Laurie Wink, The News-Dispatch
LA PORTE - Nexus Group consultants and county assessor's office employees shared their view of Indiana's property tax process on Wednesday, including an overview of the annual trending process that appears to have caused fear and loathing among local residents.
They explained that Indiana's property tax bills are based on a simple formula:
Base (net assessed value) x Tax Rate = Levy (county spending).
The formula identifies the three primary components that determine individual property owner's tax bills.
County spending - called the levy - drives the formula, explains Jeff Wuensch, Nexus Group chief operating officer. Each taxing unit in the county estimates the amount of revenue it needs to operate and the Indiana Department of Local Government Finance calculates the total levy.
The county assessor oversees county-wide property assessments that are based on two things: a large book of guidelines on how to determine the base assessment, and a 40-page manual specifying how to arrive at the current market value of a parcel. Some of the Nexus Group staff helped develop assessment guidelines while they were employed by the Indiana State Board of Tax Commissioners (now known as the Department of Local Government Finance).

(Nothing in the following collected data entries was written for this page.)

//! Questions, compared and told apart.
ghost use Rattle.std.specs.Prelude.{◌≡◌, ◌↔◌, IsTrue, IfOk};
ghost use Rattle.spec_world.specs.Questions.{about_slot};
ghost use Rattle.view.specs.Meanings.{question_of};
ghost use Rattle.world.specs.Listed.{is_listed as is_listed_question};
ghost use Rattle.world.specs.Sought.{sought_of};

use moo_value::text::Text;
use std::alloc::AllocError;
use view::question::Question;

// How many characters of a name its question's mark is made of.
const COUNTED: usize = 32;

// What spreads numbers over all bits.
const SPREAD: u64 = 0x9E37_79B9_7F4A_7C15;

/// What is looked for among the questions that were asked.
#[derive(Clone, Copy)]
pub(crate) enum Sought<'q> {
    /// This question.
    Question(&'q Question),
    /// The one for the slot of a property on an object.
    Slot(i32, &'q Text),
    /// The one for an object's header.
    Header(i32),
    /// The one for an object's verbs.
    Verbs(i32),
}

impl<'q> Sought<'q> {
    /// Its mark, as a question's. Nothing is proved by it.
    #[inline(always)]
    pub(crate) fn mark(&self) -> u64 {
        match self {
            Sought::Question(question) => mark_of(question),
            Sought::Slot(object, name) => slot_mark(*object, name),
            Sought::Header(object) => marked(0, *object),
            Sought::Verbs(object) => marked(5, *object),
        }
    }

    /// Whether it is this question.
    #[inline(always)]
    pub(crate) fn is(&self, question: &Question) -> bool
        ensures { IsTrue result ↔ sought_of self.now ≡ question_of question.now }
    {
        match self {
            Sought::Question(sought) => same_question(sought, question),
            Sought::Slot(object, name) => is_slot(*object, name, question),
            Sought::Header(object) => {
                matches!(question, Question::Header(other) if *object == *other)
            }
            Sought::Verbs(object) => {
                matches!(question, Question::Verbs(other) if *object == *other)
            }
        }
    }

    /// The question itself.
    #[inline(always)]
    pub(crate) fn question(&self) -> Result<Question, AllocError>
        ensures { IfOk result (λ q. question_of q ≡ sought_of self.now) }
    {
        match self {
            Sought::Question(question) => Question::clone(question),
            Sought::Slot(object, name) => Ok(Question::Slot(*object, Text::clone(name)?)),
            Sought::Header(object) => Ok(Question::Header(*object)),
            Sought::Verbs(object) => Ok(Question::Verbs(*object)),
        }
    }
}

/// Whether the answer to a question is put together of many records.
pub(crate) fn is_listed(question: &Question) -> bool
    ensures { result ≡ is_listed_question (question_of question.now) }
{
    matches!(
        question,
        Question::Waiting | Question::Readers(_) | Question::Connections(_) | Question::Connected
    )
}

// The mark of the question for a slot.
fn slot_mark(object: i32, name: &Text) -> u64 {
    named(marked(4, object), name)
}

/// Whether two questions are the same, the case of letters in names counted. It takes no memory.
pub(crate) fn same_question(a: &Question, b: &Question) -> bool
    ensures { IsTrue result ↔ question_of a.now ≡ question_of b.now }
{
    match a {
        Question::Header(object) => matches!(b, Question::Header(other) if *object == *other),
        Question::Children(object) => matches!(b, Question::Children(other) if *object == *other),
        Question::Contents(object) => matches!(b, Question::Contents(other) if *object == *other),
        Question::Defines(object) => matches!(b, Question::Defines(other) if *object == *other),
        Question::Slot(object, name) => is_slot(*object, name, b),
        Question::Verbs(object) => matches!(b, Question::Verbs(other) if *object == *other),
        Question::Task(id) => matches!(b, Question::Task(other) if *id == *other),
        Question::Waiting => matches!(b, Question::Waiting),
        Question::Link(number) => matches!(b, Question::Link(other) if *number == *other),
        Question::Readers(connection) =>
            matches!(b, Question::Readers(other) if *connection == *other),
        Question::Connections(person) =>
            matches!(b, Question::Connections(other) if *person == *other),
        Question::Connected => matches!(b, Question::Connected),
        Question::Greatest => matches!(b, Question::Greatest),
        Question::Ending => matches!(b, Question::Ending),
    }
}

// Whether a question is about this slot.
fn is_slot(object: i32, name: &Text, question: &Question) -> bool
    ensures { IsTrue result ↔ about_slot object name.now ≡ question_of question.now }
{
    match question {
        Question::Slot(other, other_name) => {
            object == *other && name.as_str() == other_name.as_str()
        }
        _ => false,
    }
}

/// A number for a question, mostly another one for another question. Nothing is proved by it.
pub(crate) fn mark_of(question: &Question) -> u64 {
    match question {
        Question::Header(object) => marked(0, *object),
        Question::Children(object) => marked(1, *object),
        Question::Contents(object) => marked(2, *object),
        Question::Defines(object) => marked(3, *object),
        Question::Slot(object, name) => slot_mark(*object, name),
        Question::Verbs(object) => marked(5, *object),
        Question::Task(id) => marked(6, *id),
        Question::Waiting => marked(7, 0),
        Question::Link(number) => marked(8, *number),
        Question::Readers(connection) => marked(9, *connection),
        Question::Connections(person) => marked(10, *person),
        Question::Connected => marked(11, 0),
        Question::Greatest => marked(12, 0),
        Question::Ending => marked(13, 0),
    }
}

fn marked(kind: u64, number: i32) -> u64 {
    ((u64::from(number.unsigned_abs()) * 16) ^ kind).wrapping_mul(SPREAD)
}

fn named(mark: u64, name: &Text) -> u64 {
    let mut mark = mark;
    for byte in name.as_str().as_bytes().iter().take(COUNTED) {
        mark = (mark ^ u64::from(*byte)).wrapping_mul(SPREAD);
    }
    mark
}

Gross property assessments are rolled over to the county auditor, who deducts homestead credits and other exemptions to arrive at each property's net assessed value.
The county-wide assessment and levy data is sent to the DLGF, where the county's tax rate is determined by dividing the amount needed by the amount of assessed value to determine the rate at which each property owner should be taxed to provide sufficient funding for the county.
The formula is pretty straightforward. But the devil, as they say, is in the details. A pie chart developed by Purdue University economics professor Larry DeBoer identifies the underlying causes of a shift in the tax burden to homeowners for 2006 taxes payable this year.
According to DeBoer, 60 percent of the responsibility for higher 2006 property taxes are the result of state and local government policy decisions such as:
The Legislature eliminated business inventory taxes that have to be made up with increased property taxes.
The Legislature reduced homestead credits from 28 percent to 20 percent.
The Legislature reduced the annual Property Tax Replacement Credit given to local governments to offset property tax increases.
Increased local spending for personnel and operational costs.
The other 40 percent of the shift in the property tax burden to homeowners is the result of the state's move to annual trending. Starting with the 2007 tax year, annual trending will incrementally adjust property assessments based on current market values.
But for 2006 tax bills, payable in 2007, assessments were based on market value increases over a six year period, from 1999 to January 2005. The result has been "sticker shock," says Brian Bucher, Nexus vice president for software development. Rather than phasing in trending over a period of years, the General Assembly and DLGF decided to totally jump into the water in the first year of trending.
"The first year of annual trending, we're adding six years of data," Bucher said.
The first wave of sticker shock hit Indiana property owners in 2002, when the Supreme Court ruled in favor of an Indiana homeowner and required the state to move from "true tax value" to market-based assessments. As a result, many Indiana homeowners faced higher bills based on market values in 2002, instead of the 1995 assessments used for true tax values.
At that time, according to Wuensch, LaPorte County's reassessments were done by township assessors, trustee assessors and two vendors hired by the county. The Department of Local Government and Finance approved the new assessments, but "red flagged" some residential values in Michigan Township.
A review of assessments of the 220 industrial parcels in Michigan Township was completed in August. Nexus President Frank Kelly said the Michigan Township assessor, Terry Beckinger, left most of those assessments the same as they were in 2002-03. But new sales information indicated some of the assessments could be excessive.
In 2006, Nexus did a field review of one-third of the commercial and industrial parcels in the county. By the end of this year, the remaining 65 percent of commercial and industrial parcels will have been visited and reassessed.
Kelly said the DLGF has reviewed the 2006 La Porte County assessments and determined they are within the state guidelines.
Wuensch said that, to date, about 265 appeals have been filed for parcels in La Porte County, which has a total of 65,000 parcels. Some 225 of the appeals are in Michigan Township, and involve multi-million dollar residential properties as well as Blue Chip Casino and Lighthouse Place Premium Outlets, the county's two largest commercial properties.